Ses avocats plaidaient qu’en raison de son état mental, son maintien en détention mettait sa vie en danger.

« Elle est sous surveillance médicale en prison et subit toutes les semaines des examens psychiatriques », a dit le juge.

« Il n’y a pas de raison de penser que son maintien en détention mettrait sa vie en danger », a-t-il ajouté.

Malka Leifer, absente à l’audience, est accusée de dizaines d’agressions contre des filles mineures, élèves d’une école juive orthodoxe qu’elle dirigeait et où elle enseignait à Melbourne (sud-est de l’Australie).

L’affaire a eu un retentissement important en Australie et en Israël. L’attention portée au dossier a encore été accrue en Israël par de récentes informations selon lesquelles le vice-ministre de la Santé, Yaakov Litzman, était soupçonné d’avoir usé de son autorité pour empêcher son extradition.

M. Litzman aurait exercé des pressions sur les autorités médicales pour qu’elles déclarent Mme Leifer inapte à être jugée, selon les médias.

M. Litzman et certains de ses collaborateurs ont été interrogés par la police, mais son bureau a nié tout agissement illégal.

Selon les médias australiens, Mme Leifer est suspectée de 74 cas d’abus sexuels sur des enfants, mais son avocat, Tal Gabay, a déclaré lundi au tribunal qu’il n’y avait eu que « trois plaintes ».

La suspecte avait fui avec sa famille l’Australie pour retourner en Israël où elle est née, après le dépôt d’une plainte d’une ancienne élève contre elle il y a dix ans.

Une première procédure d’extradition menée entre 2014 et 2016 avait échoué quand elle avait été hospitalisée dans des établissements psychiatriques et que des experts l’avaient jugée inapte à un procès.
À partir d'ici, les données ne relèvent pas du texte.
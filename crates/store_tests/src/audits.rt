//! Audits of worked stores: one that breaks each rule, and sound ones of every kind.
use crate::parts::{opened, read};
use doc_value::push_value;
use std::alloc::Global;
use std::cmp::Ordering;
use std::test::Fail;
use store_memory::SilentStore;
use txn_audit::{AuditError, audit, check, list_cells};
use txn_key::Docs;

const NO_DRAW: &str = r#"{"cell":"nonce","is":{"next":0}}"#;

const DRAWN_TWO: &str = r#"{"cell":"nonce","is":{"next":2}}"#;

const PLAIN: &str = r#"{"c":"k","cell":"doc","is":{"_id":"a","v":0}}"#;

const NEGATIVE: &str = r#"{"c":"k","cell":"doc","is":{"_id":"a","txn-revno":-1,"v":0}}"#;

const OF_NOBODY: &str =
    r#"{"c":"k","cell":"doc","is":{"_id":"a","txn-queue":["000000000000000000000009_00000000"],"v":0}}"#;

const QUEUED: &str =
    r#"{"c":"k","cell":"doc","is":{"_id":"a","txn-queue":["000000000000000000000001_00000000"],"v":0}}"#;

const BOTH_QUEUED: &str =
    r#"{"c":"k","cell":"doc","is":{"_id":"a","txn-queue":["000000000000000000000001_00000000","000000000000000000000002_00000001"],"v":0}}"#;

const BOTH_QUEUED_LATER: &str =
    r#"{"c":"k","cell":"doc","is":{"_id":"a","txn-queue":["000000000000000000000001_00000000","000000000000000000000002_00000001"],"txn-revno":1,"v":2}}"#;

const MARKED: &str =
    r#"{"c":"k","cell":"doc","is":{"_id":"a","txn-queue":["000000000000000000000001_00000000"],"txn-remove":"000000000000000000000001_00000000","v":0}}"#;

const AT_TWO: &str = r#"{"c":"k","cell":"doc","is":{"_id":"a","txn-revno":2,"v":0}}"#;

const OUTDATED: &str = r#"{"cell":"stash","is":{"_id":{"c":"k","d":"a"},"txn-revno":-1}}"#;

const AT_FIVE: &str =
    r#"{"c":"k","cell":"doc","is":{"_id":"a","txn-queue":["000000000000000000000001_00000000"],"txn-revno":5,"v":0}}"#;

const OF_TEXT: &str =
    r#"{"c":"k","cell":"doc","is":{"_id":"a","txn-queue":["000000000000000000000001_00000000"],"v":"x"}}"#;

const STASHED: &str =
    r#"{"cell":"stash","is":{"_id":{"c":"k","d":"b"},"txn-queue":["000000000000000000000001_00000007"],"txn-revno":-3}}"#;

const REMOVED: &str =
    r#"{"cell":"record","is":{"_id":"000000000000000000000001","n":"00000000","o":[{"c":"k","d":"b","r":true}],"r":[2],"s":6}}"#;

const STARTED: &str =
    r#"{"cell":"record","is":{"_id":"000000000000000000000001","o":[{"c":"k","d":"a","u":{"$set":{"v":1}}}],"s":1}}"#;

const PREPARED: &str =
    r#"{"cell":"record","is":{"_id":"000000000000000000000001","n":"00000000","o":[{"c":"k","d":"a","u":{"$set":{"v":1}}}],"s":2}}"#;

const APPLYING: &str =
    r#"{"cell":"record","is":{"_id":"000000000000000000000001","n":"00000000","o":[{"c":"k","d":"a","u":{"$set":{"v":1}}}],"r":[0],"s":4}}"#;

const ADDING: &str =
    r#"{"cell":"record","is":{"_id":"000000000000000000000001","n":"00000000","o":[{"c":"k","d":"a","u":{"$inc":{"v":1}}}],"r":[0],"s":4}}"#;

const OTHER_APPLYING: &str =
    r#"{"cell":"record","is":{"_id":"000000000000000000000002","n":"00000001","o":[{"c":"k","d":"a","u":{"$set":{"v":2}}}],"r":[0],"s":4}}"#;

const OTHER_APPLIED: &str =
    r#"{"cell":"record","is":{"_id":"000000000000000000000002","n":"00000001","o":[{"c":"k","d":"a","u":{"$set":{"v":2}}}],"r":[0],"s":6}}"#;

const DRAWN_EIGHT: &str = r#"{"cell":"nonce","is":{"next":8}}"#;

/// Cells, of which the last one is at fault, and the rule that it breaks.
const BROKEN: [(&[&str], u8); 10] = [
    (&[DRAWN_TWO, NEGATIVE], 1),
    (&[DRAWN_TWO, OF_NOBODY], 2),
    (&[NO_DRAW, QUEUED, PREPARED], 3),
    (&[DRAWN_TWO, PLAIN, PREPARED], 4),
    (&[DRAWN_TWO, BOTH_QUEUED, PREPARED, OTHER_APPLYING], 5),
    (&[DRAWN_TWO, BOTH_QUEUED_LATER, STARTED, OTHER_APPLIED], 6),
    (&[DRAWN_TWO, APPLYING, MARKED], 7),
    (&[DRAWN_TWO, AT_TWO, OUTDATED], 8),
    (&[DRAWN_TWO, AT_FIVE, APPLYING], 9),
    (&[DRAWN_TWO, OF_TEXT, ADDING], 10),
];

const REMOVING: &str =
    r#"{"cell":"record","is":{"_id":"000000000000000000000001","n":"00000000","o":[{"c":"k","d":"a","r":true}],"r":[0],"s":4}}"#;

const INSERTING: &str =
    r#"{"cell":"record","is":{"_id":"000000000000000000000001","n":"00000000","o":[{"c":"k","d":"a","i":{"v":1}}],"r":[-1],"s":4}}"#;

const MARKED_STASH: &str =
    r#"{"cell":"stash","is":{"_id":{"c":"k","d":"a"},"txn-insert":"000000000000000000000001_00000000","txn-queue":["000000000000000000000001_00000000"],"txn-revno":-1}}"#;

const RING_LEAST: &str =
    r#"{"cell":"record","is":{"_id":"000000000000000000000001","n":"00000000","o":[{"c":"k","d":"a","u":{"$set":{"v":1}}},{"c":"k","d":"b","u":{"$set":{"v":1}}}],"r":[0,0],"s":4}}"#;

const RING_OTHER: &str =
    r#"{"cell":"record","is":{"_id":"000000000000000000000002","n":"00000001","o":[{"c":"k","d":"a","u":{"$set":{"v":2}}},{"c":"k","d":"b","u":{"$set":{"v":2}}}],"s":2}}"#;

const RING_A: &str =
    r#"{"c":"k","cell":"doc","is":{"_id":"a","txn-queue":["000000000000000000000002_00000001","000000000000000000000001_00000000"],"v":0}}"#;

const RING_B: &str =
    r#"{"c":"k","cell":"doc","is":{"_id":"b","txn-queue":["000000000000000000000001_00000000","000000000000000000000002_00000001"]}}"#;

/// A document that was inserted late, after its key was removed: it doesn't own the key.
const LATE: &str =
    r#"{"c":"k","cell":"doc","is":{"_id":"a","t":"old","txn-queue":["000000000000000000000001_00000000"],"txn-revno":2}}"#;

const LATE_STASH: &str =
    r#"{"cell":"stash","is":{"_id":{"c":"k","d":"a"},"txn-queue":["000000000000000000000002_00000001"],"txn-revno":-3}}"#;

const WAS_INSERTED: &str =
    r#"{"cell":"record","is":{"_id":"000000000000000000000001","n":"00000000","o":[{"c":"k","d":"a","i":{"t":"old"}}],"r":[-1],"s":6}}"#;

const WAS_REMOVED: &str =
    r#"{"cell":"record","is":{"_id":"000000000000000000000002","n":"00000001","o":[{"c":"k","d":"a","r":true}],"r":[2],"s":6}}"#;

/// Stores in the middle of work, each with the bodies of the documents that it means: nothing, documents alone,
/// a prepared and an applying update, a token whose nonce was lost, a marked removal and insertion, a ring whose
/// least member is applying, and a late document.
const SOUND: [(&[&str], &str); 9] = [
    (&[], ""),
    (&[PLAIN], r#"{"v":0}"#),
    (&[DRAWN_TWO, QUEUED, PREPARED], r#"{"v":0}"#),
    (&[DRAWN_TWO, QUEUED, APPLYING], r#"{"v":1}"#),
    (&[DRAWN_EIGHT, STASHED, REMOVED], ""),
    (&[DRAWN_TWO, MARKED, REMOVING], ""),
    (&[DRAWN_TWO, MARKED_STASH, INSERTING], r#"{"v":1}"#),
    (
        &[DRAWN_TWO, RING_LEAST, RING_OTHER, RING_A, RING_B],
        r#"{"v":1}{"v":1}"#,
    ),
    (
        &[DRAWN_TWO, WAS_INSERTED, WAS_REMOVED, LATE, LATE_STASH],
        "",
    ),
];

pub(crate) fn fault(alloc: Global, store: &mut SilentStore) -> Option<AuditError> {
    audit(alloc, store).err()
}

/// The rule that cells break, if it is at the name of the last of them.
fn broken(alloc: Global, lines: &[&str]) -> Result<u8, Fail> {
    let mut store = opened(alloc, lines)?;
    let last = lines.last().copied().ok_or("no cell")?;
    let name = read(alloc, last)?.name;
    match fault(alloc, &mut store) {
        Some(AuditError::Unsound { rule, name: at }) => {
            let here = at.compare(&name) == Ordering::Equal;
            Ok(if here { rule } else { 0 })
        }
        _ => Ok(0),
    }
}

/// The bodies, in the order of their keys.
fn bodies(alloc: Global, docs: &Docs) -> Result<String, Fail> {
    let mut text = Vec::new(alloc);
    for doc in docs.as_slice() {
        push_value(&mut text, &doc.body)?;
    }
    Ok(String::from_utf8(text).ok().ok_or("no text")?)
}

/// What a store of these cells means, as its audit says, and as its cells do.
fn meanings(alloc: Global, lines: &[&str]) -> Result<(String, String), Fail> {
    let mut store = opened(alloc, lines)?;
    let checked = audit(alloc, &mut store).ok().ok_or("not sound")?;
    let cells = list_cells(alloc, &mut store).ok().ok_or("not listed")?;
    let docs = check(alloc, cells.as_slice()).ok().ok_or("not sound")?;
    Ok((bodies(alloc, &checked.docs)?, bodies(alloc, &docs)?))
}

#[test]
fn each_rule_is_found_broken(rt: HostRuntime) -> Result<(), Fail> {
    for (lines, rule) in BROKEN {
        assert_eq!(rt; broken(rt.alloc(), lines)?, rule, "{rule}");
    }
    Ok(())
}

#[test]
fn sound_stores_pass(rt: HostRuntime) -> Result<(), Fail> {
    for (lines, meant) in SOUND {
        let (audited, checked) = meanings(rt.alloc(), lines)?;
        assert_eq!(rt; audited.as_str(), meant);
        assert_eq!(rt; checked.as_str(), meant);
    }
    Ok(())
}
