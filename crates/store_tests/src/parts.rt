//! The first parts of a runner on worked cells, over a store that tells nothing of them.
use cell_text::read_cell_text;
use doc_value::read_value;
use flush_prepare::{Prepare, PrepareStep, Scan, ScanStep, StepError};
use sqlite_items::Items;
use std::alloc::Global;
use std::test::Fail;
use store_memory::{MemoryStore, SilentStore};
use store_trait::{Edit, Named, Store};
use txn_key::{Token, TxnId};
use txn_record::{Record, State};

const FIRST: TxnId = TxnId([0, 0, 0, 0, 0, 0, 0, 0, 0, 0, 0, 1]);

const SECOND: TxnId = TxnId([0, 0, 0, 0, 0, 0, 0, 0, 0, 0, 0, 2]);

/// A record whose token stands in the queue, with a nonce that was drawn before it stopped.
const STOPPED: &str =
    r#"{"cell":"record","is":{"_id":"000000000000000000000001","o":[{"c":"k","d":"x","u":{"$set":{"v":1}}}],"s":1}}"#;

const STOPPED_DOC: &str =
    r#"{"c":"k","cell":"doc","is":{"_id":"x","txn-queue":["000000000000000000000001_00000000"],"v":0}}"#;

const PREPARED: &str =
    r#"{"cell":"record","is":{"_id":"000000000000000000000001","n":"00000001","o":[{"c":"k","d":"x","u":{"$set":{"v":1}}}],"s":2}}"#;

const PREPARED_DOC: &str =
    r#"{"c":"k","cell":"doc","is":{"_id":"x","txn-queue":["000000000000000000000001_00000000","000000000000000000000001_00000001"],"v":0}}"#;

/// A removal that was marked and no more.
const REMOVES: &str =
    r#"{"cell":"record","is":{"_id":"000000000000000000000001","n":"00000000","o":[{"c":"items","d":"x","r":true}],"r":[0],"s":4}}"#;

const MARKED_DOC: &str =
    r#"{"c":"items","cell":"doc","is":{"_id":"x","t":"a","txn-queue":["000000000000000000000001_00000000"],"txn-remove":"000000000000000000000001_00000000"}}"#;

const INSERTS: &str =
    r#"{"cell":"record","is":{"_id":"000000000000000000000002","o":[{"a":"d-","c":"items","d":"x","i":{"t":"b"}}],"s":1}}"#;

/// Two transactions, each before the other on one of two keys.
const RING_FIRST: &str =
    r#"{"cell":"record","is":{"_id":"000000000000000000000001","n":"00000000","o":[{"c":"k","d":"x","u":{"$set":{"v":1}}},{"c":"k","d":"y","u":{"$set":{"v":1}}}],"s":2}}"#;

const RING_SECOND: &str =
    r#"{"cell":"record","is":{"_id":"000000000000000000000002","n":"00000001","o":[{"c":"k","d":"x","u":{"$set":{"v":2}}},{"c":"k","d":"y","u":{"$set":{"v":2}}}],"s":2}}"#;

const RING_X: &str =
    r#"{"c":"k","cell":"doc","is":{"_id":"x","txn-queue":["000000000000000000000002_00000001","000000000000000000000001_00000000"],"v":0}}"#;

const RING_Y: &str =
    r#"{"c":"k","cell":"doc","is":{"_id":"y","txn-queue":["000000000000000000000001_00000000","000000000000000000000002_00000001"],"v":0}}"#;

const OTHER_ALONE: &str =
    r#"{"c":"k","cell":"doc","is":{"_id":"x","txn-queue":["000000000000000000000002_00000001"],"v":0}}"#;

const DRAWN_ONE: &str = r#"{"cell":"nonce","is":{"next":1}}"#;

const DRAWN_TWO: &str = r#"{"cell":"nonce","is":{"next":2}}"#;

const ALL_DRAWN: &str = r#"{"cell":"nonce","is":{"next":4294967295}}"#;

pub(crate) fn read(alloc: Global, line: &str) -> Result<Named, Fail> {
    let value = read_value(alloc, line.as_bytes())?;
    Ok(read_cell_text(alloc, &value).ok().ok_or("no cell")?)
}

pub(crate) fn record(alloc: Global, line: &str) -> Result<Record, Fail> {
    let named = read(alloc, line)?;
    Ok(named.cell.into_record().ok_or("no record")?)
}

fn place(alloc: Global, store: &mut SilentStore, line: &str) -> Result<bool, Fail> {
    let Named { name, cell } = read(alloc, line)?;
    let done = store.edit(alloc, &name, &Edit::Place { cell });
    Ok(done.ok().ok_or("store fault")?.hit)
}

pub(crate) fn opened(alloc: Global, lines: &[&str]) -> Result<SilentStore, Fail> {
    let mut store = SilentStore::over(MemoryStore::new(alloc, Vec::new(alloc))?);
    for line in lines {
        if !place(alloc, &mut store, line)? {
            return Err("not placed".into());
        }
    }
    Ok(store)
}

/// Whether the cell of a line stands in the store.
fn stands(alloc: Global, store: &mut SilentStore, line: &str) -> Result<bool, Fail> {
    let Named { name, cell } = read(alloc, line)?;
    match store.read(alloc, &name).ok().ok_or("store fault")? {
        Some(found) => Ok(found.equals(&cell)),
        None => Ok(false),
    }
}

/// A preparation of the record of a line.
pub(crate) fn preparation(alloc: Global, line: &str) -> Result<Prepare, Fail> {
    let rec = record(alloc, line)?;
    if !matches!(rec.state, State::Preparing) {
        return Err("not preparing".into());
    }
    Ok(Prepare::new(alloc, rec)?)
}

/// What ends a preparation of the record of a line.
pub(crate) fn prepare(
    alloc: Global,
    store: &mut SilentStore,
    line: &str,
) -> Result<Result<PrepareStep, StepError>, Fail> {
    let mut part = preparation(alloc, line)?;
    for _ in 0..6 {
        let answer = part.step(alloc, store);
        if !matches!(answer, Ok(PrepareStep::More)) {
            return Ok(answer);
        }
    }
    Err("no end".into())
}

/// What ends a scan for the record of a line.
fn scan(alloc: Global, store: &mut SilentStore, line: &str) -> Result<ScanStep, Fail> {
    let rec = record(alloc, line)?;
    if !rec.is_decided() {
        return Err("preparing".into());
    }
    let mut part = Scan::new(alloc, rec)?;
    for _ in 0..4 {
        let answer = part.step(alloc, store).ok().ok_or("refused")?;
        if !matches!(answer, ScanStep::More) {
            return Ok(answer);
        }
    }
    Err("no end".into())
}

fn nonce_of(step: PrepareStep) -> Option<u32> {
    match step {
        PrepareStep::Ready(rec) => rec.nonce,
        PrepareStep::Blocked(_id) => None,
        PrepareStep::More => None,
    }
}

fn blocking(step: PrepareStep) -> Option<TxnId> {
    match step {
        PrepareStep::Blocked(id) => Some(id),
        PrepareStep::Ready(_rec) => None,
        PrepareStep::More => None,
    }
}

fn found(step: ScanStep) -> Option<Items<Token>> {
    match step {
        ScanStep::Scanned(tokens) => Some(tokens),
        ScanStep::More => None,
        ScanStep::Gone => None,
    }
}

fn is_gone(step: ScanStep) -> bool {
    match step {
        ScanStep::Gone => true,
        ScanStep::More => false,
        ScanStep::Scanned(_tokens) => false,
    }
}

fn is_spent(error: StepError) -> bool {
    match error {
        StepError::NoncesSpent => true,
        _other => false,
    }
}

/// The token with the nonce that was lost stays where it is, and one with a nonce drawn anew comes behind it.
#[test]
fn a_stopped_preparation_is_made_again(rt: HostRuntime) -> Result<(), Fail> {
    let alloc = rt.alloc();
    let mut store = opened(alloc, &[STOPPED, STOPPED_DOC, DRAWN_ONE])?;
    let ready = prepare(alloc, &mut store, STOPPED)?.ok();
    assert!(rt; ready.and_then(nonce_of) == Some(1));
    assert!(rt; stands(alloc, &mut store, PREPARED)?);
    assert!(rt; stands(alloc, &mut store, PREPARED_DOC)?);
    Ok(())
}

#[test]
fn marks_block_and_nonces_end(rt: HostRuntime) -> Result<(), Fail> {
    let alloc = rt.alloc();
    let mut store = opened(alloc, &[REMOVES, INSERTS, MARKED_DOC, DRAWN_ONE])?;
    let blocked = prepare(alloc, &mut store, INSERTS)?.ok();
    assert!(rt; blocked.and_then(blocking) == Some(FIRST));
    let mut last = opened(alloc, &[STOPPED, STOPPED_DOC, ALL_DRAWN])?;
    let spent = prepare(alloc, &mut last, STOPPED)?.err();
    assert!(rt; spent.is_some_and(is_spent));
    Ok(())
}

/// Whether a scan finds the other's token alone, and none on a key that its own has left.
#[test]
fn scans_find_what_stands_before(rt: HostRuntime) -> Result<(), Fail> {
    let alloc = rt.alloc();
    let mut store = opened(alloc, &[RING_FIRST, RING_SECOND, RING_X, RING_Y, DRAWN_TWO])?;
    let tokens = found(scan(alloc, &mut store, RING_FIRST)?).ok_or("not scanned")?;
    let other = Token {
        id: SECOND,
        nonce: 1,
    };
    assert!(rt; tokens.as_slice() == [other].as_slice());
    let mut gone = opened(
        alloc,
        &[RING_FIRST, RING_SECOND, OTHER_ALONE, RING_Y, DRAWN_TWO],
    )?;
    assert!(rt; is_gone(scan(alloc, &mut gone, RING_FIRST)?));
    Ok(())
}
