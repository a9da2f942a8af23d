//! The store in memory: what it lists, and the calls that fail.
use doc_value::{DocId, Fields, OutOfMemory, Text, Value};
use sqlite_items::Items;
use std::alloc::Global;
use std::cmp::Ordering;
use std::test::Fail;
use store_memory::MemoryStore;
use store_trait::{Cell, DocCell, Edit, Name, Named, Store, StoreError, counter_in};
use txn_key::Key;

fn doc_name(alloc: Global, id: i64) -> Result<Name, OutOfMemory> {
    let c = Text::from_str(alloc, "k")?;
    let d = DocId::Int(id);
    Ok(Name::Doc(Key { c, d }))
}

fn empty_doc(alloc: Global) -> Edit {
    let cell = Cell::Doc(DocCell {
        body: Value::Object(Fields::new(alloc)),
        revno: 0,
        queue: Items::new(alloc),
        remove: None,
    });
    Edit::Place { cell }
}

fn hit(
    alloc: Global,
    store: &mut MemoryStore,
    name: &Name,
    edit: &Edit,
) -> Result<bool, StoreError> {
    let done = store.edit(alloc, name, edit)?;
    Ok(done.hit)
}

fn is_named(found: Option<Named>, name: &Name) -> bool {
    match found {
        Some(it) => it.name.compare(name) == Ordering::Equal,
        None => false,
    }
}

/// Whether a document is placed where there was none.
fn place(alloc: Global, store: &mut MemoryStore, name: &Name) -> Result<bool, StoreError> {
    hit(alloc, store, name, &empty_doc(alloc))
}

/// Whether the next name past that of a document is that of another.
fn is_next(
    alloc: Global,
    store: &mut MemoryStore,
    name: &Name,
    next: &Name,
) -> Result<bool, StoreError> {
    Ok(is_named(store.next(alloc, Some(name))?, next))
}

/// Whether documents of rising names, the first of which isn't placed, are placed once each and listed in
/// their order, by six calls.
fn are_listed(
    alloc: Global,
    store: &mut MemoryStore,
    [none, first, last]: [&Name; 3],
) -> Result<bool, StoreError> {
    Ok(
        place(alloc, store, last)?
            && place(alloc, store, first)?
            && !place(alloc, store, last)?
            && is_next(alloc, store, none, first)?
            && is_next(alloc, store, first, last)?
            && !is_next(alloc, store, last, last)?
            && store.calls() == 6,
    )
}

#[test]
fn lists_what_was_placed_in_order(rt: HostRuntime) -> Result<(), Fail> {
    let none = doc_name(rt.alloc(), 0)?;
    let first = doc_name(rt.alloc(), 1)?;
    let last = doc_name(rt.alloc(), 3)?;
    let mut store = MemoryStore::new(rt.alloc(), Vec::new(rt.alloc()))?;
    assert!(rt; are_listed(rt.alloc(), &mut store, [&none, &first, &last]) == Ok(true));
    Ok(())
}

fn draw(alloc: Global, store: &mut MemoryStore) -> Result<Option<u32>, StoreError> {
    let done = store.edit(alloc, &Name::Nonce, &Edit::DrawNonce)?;
    Ok(counter_in(done.cell))
}

fn only(alloc: Global, failing: u64) -> Result<Vec<u64>, OutOfMemory> {
    Ok(vec![in alloc; failing]?)
}

/// The counter that is read after four calls, each of which draws a nonce or fails.
fn drawn(alloc: Global, failing: u64) -> Result<Option<u32>, StoreError> {
    let mut store = MemoryStore::new(alloc, only(alloc, failing)?)?;
    for call in 1..5 {
        let failed = draw(alloc, &mut store).is_err();
        if failed != (call == failing) {
            return Ok(None);
        }
    }
    Ok(counter_in(store.read(alloc, &Name::Nonce)?))
}

#[test]
fn fails_the_chosen_call_and_no_other(rt: HostRuntime) {
    for failing in 1..5 {
        assert!(rt; drawn(rt.alloc(), failing) == Ok(Some(3)), "{failing}");
    }
    assert!(rt; drawn(rt.alloc(), 6) == Ok(Some(4)));
}
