//! Names, edits and owners.
use doc_value::{DocId, Fields, OutOfMemory, Text, Value};
use sqlite_items::Items;
use std::alloc::Global;
use std::test::Fail;
use store_trait::{
    Cell, Changed, DocCell, Edit, Edited, Name, Named, Side, StashCell, change, counter_in, hits,
    owner,
};
use txn_key::{Key, TxnId};

fn doc_name(alloc: Global, id: i64) -> Result<Name, OutOfMemory> {
    let c = Text::from_str(alloc, "k")?;
    let d = DocId::Int(id);
    Ok(Name::Doc(Key { c, d }))
}

/// Names in their order, by place.
fn name_at(alloc: Global, place: u8) -> Result<Name, OutOfMemory> {
    match place {
        0 => Ok(Name::Record(TxnId([1; 12]))),
        1 => Ok(Name::Record(TxnId([2; 12]))),
        2 => doc_name(alloc, -1),
        3 => doc_name(alloc, 5),
        _ => Ok(Name::Nonce),
    }
}

fn are_ordered(alloc: Global, first: u8, second: u8) -> Result<bool, OutOfMemory> {
    let one = name_at(alloc, first)?;
    let other = name_at(alloc, second)?;
    Ok(one.compare(&other) == first.cmp(&second))
}

#[test]
fn names_stand_in_order(rt: HostRuntime) -> Result<(), Fail> {
    for first in 0..5 {
        for second in 0..5 {
            assert!(rt;
                are_ordered(rt.alloc(), first, second)?,
                "{first} against {second}"
            );
        }
    }
    Ok(())
}

fn draws(counter: u32) -> bool {
    hits(&Name::Nonce, &Edit::DrawNonce, Some(&Cell::Nonce(counter)))
}

fn put(changed: Changed) -> Option<Cell> {
    match changed {
        Changed::Put(after) => Some(after),
        _ => None,
    }
}

/// What is answered of the first nonce that is drawn.
fn first_drawn(alloc: Global) -> Result<Edited, OutOfMemory> {
    let changed = change(alloc, &Name::Nonce, &Edit::DrawNonce, None)?;
    let done = Edited {
        hit: true,
        cell: put(changed),
    };
    done.copy(alloc)
}

fn doc_cell(alloc: Global, revno: i64) -> DocCell {
    DocCell {
        body: Value::Object(Fields::new(alloc)),
        revno,
        queue: Items::new(alloc),
        remove: None,
    }
}

fn stash_cell(alloc: Global, revno: i64) -> StashCell {
    StashCell {
        revno,
        queue: Items::new(alloc),
        insert: None,
    }
}

fn owner_at(alloc: Global, revno: i64, stashed: i64) -> Side {
    let doc = doc_cell(alloc, revno);
    let stash = stash_cell(alloc, stashed);
    owner(Some(&doc), Some(&stash))
}

fn copied(alloc: Global, cell: Cell) -> Result<Named, OutOfMemory> {
    let name = Name::Nonce;
    Named { name, cell }.copy(alloc)
}

#[test]
fn nonces_end_and_the_greater_epoch_owns(rt: HostRuntime) -> Result<(), Fail> {
    assert!(rt; draws(4_294_967_294) && !draws(4_294_967_295));
    assert!(rt; counter_in(first_drawn(rt.alloc())?.cell) == Some(1));
    for (revno, stashed, side) in [
        (0, -1, Side::Stash),
        (1, -1, Side::Document),
        (2, -3, Side::Stash),
    ] {
        assert!(rt; owner_at(rt.alloc(), revno, stashed) == side, "{revno}");
    }
    assert!(rt; owner(None, None) == Side::Neither);
    let _doc = copied(rt.alloc(), Cell::Doc(doc_cell(rt.alloc(), 1)))?;
    let _stash = copied(rt.alloc(), Cell::Stash(stash_cell(rt.alloc(), -1)))?;
    Ok(())
}
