//! What the program says where no table could be read.
ghost use Rattle.std.specs.Prelude.{◌≡◌, ◌-◌, ◌^◌, ◌<◌};
ghost use Rattle.peer_serve.specs.Lines.{table_line, table_status, TellsLine};

use crate::line::{Line, append, append_count};
use peer_table::TableFault;
use peer_view::{PeerWrite, write_all};

// The line of a fault.
fn line_of(fault: &TableFault) -> Line
    ensures { result.items ≡ table_line fault.now }
{
    let mut line = Line::new();
    match fault {
        TableFault::ReadFault => append(&mut line, b"peer_serve: read failed"),
        TableFault::Spent => append(&mut line, b"peer_serve: too many reads"),
        TableFault::Memory => append(&mut line, b"peer_serve: out of memory"),
        TableFault::TooLarge => append(&mut line, b"peer_serve: table too large"),
        TableFault::Line(n)
        | TableFault::Repeated(n)
        | TableFault::Groups(n)
        | TableFault::Value(n) => {
            append_count(&mut line, b"peer_serve: bad table at line ", *n as u64)
        }
    }
    append(&mut line, b"\n");
    line
}

// The status of a fault.
fn status_of(fault: &TableFault) -> u8
    ensures { result ≡ table_status fault.now }
{
    match fault {
        TableFault::TooLarge
        | TableFault::Line(_)
        | TableFault::Repeated(_)
        | TableFault::Groups(_)
        | TableFault::Value(_) => 2,
        TableFault::ReadFault => 3,
        TableFault::Memory => 5,
        TableFault::Spent => 6,
    }
}

/// Writes why no table could be read, and gives the status of the program, which a failed write does not change.
pub fn table_exit<W: PeerWrite>(fault: &TableFault, writer: &mut W) -> u8
    requires { W.failures writer.old < 2 ^ 64 - 1 }
    ensures status { result ≡ table_status fault.now }
    ensures line { TellsLine (W.failures writer.old) (W.failures writer.new)
        (W.taken writer.old) (W.taken writer.new) (table_line fault.now) }
{
    let _ = write_all(writer, line_of(fault).as_slice());
    status_of(fault)
}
Une enquête discrète de la police avait remis en question ces conclusions et elle avait été arrêtée en février 2018.

Dassi Erlich, l’une des accusatrices de Malka Leifer, a confié son « immense soulagement » devant le maintien en détention de celle-ci.

Avant l’audience et depuis l’Australie, elle avait exprimé par téléphone auprès de l’AFP « une immense colère » face à l’intervention présumée du vice-ministre de la Santé.

Les audiences sur l’éventuelle extradition de Malka Leifer doivent reprendre en mars.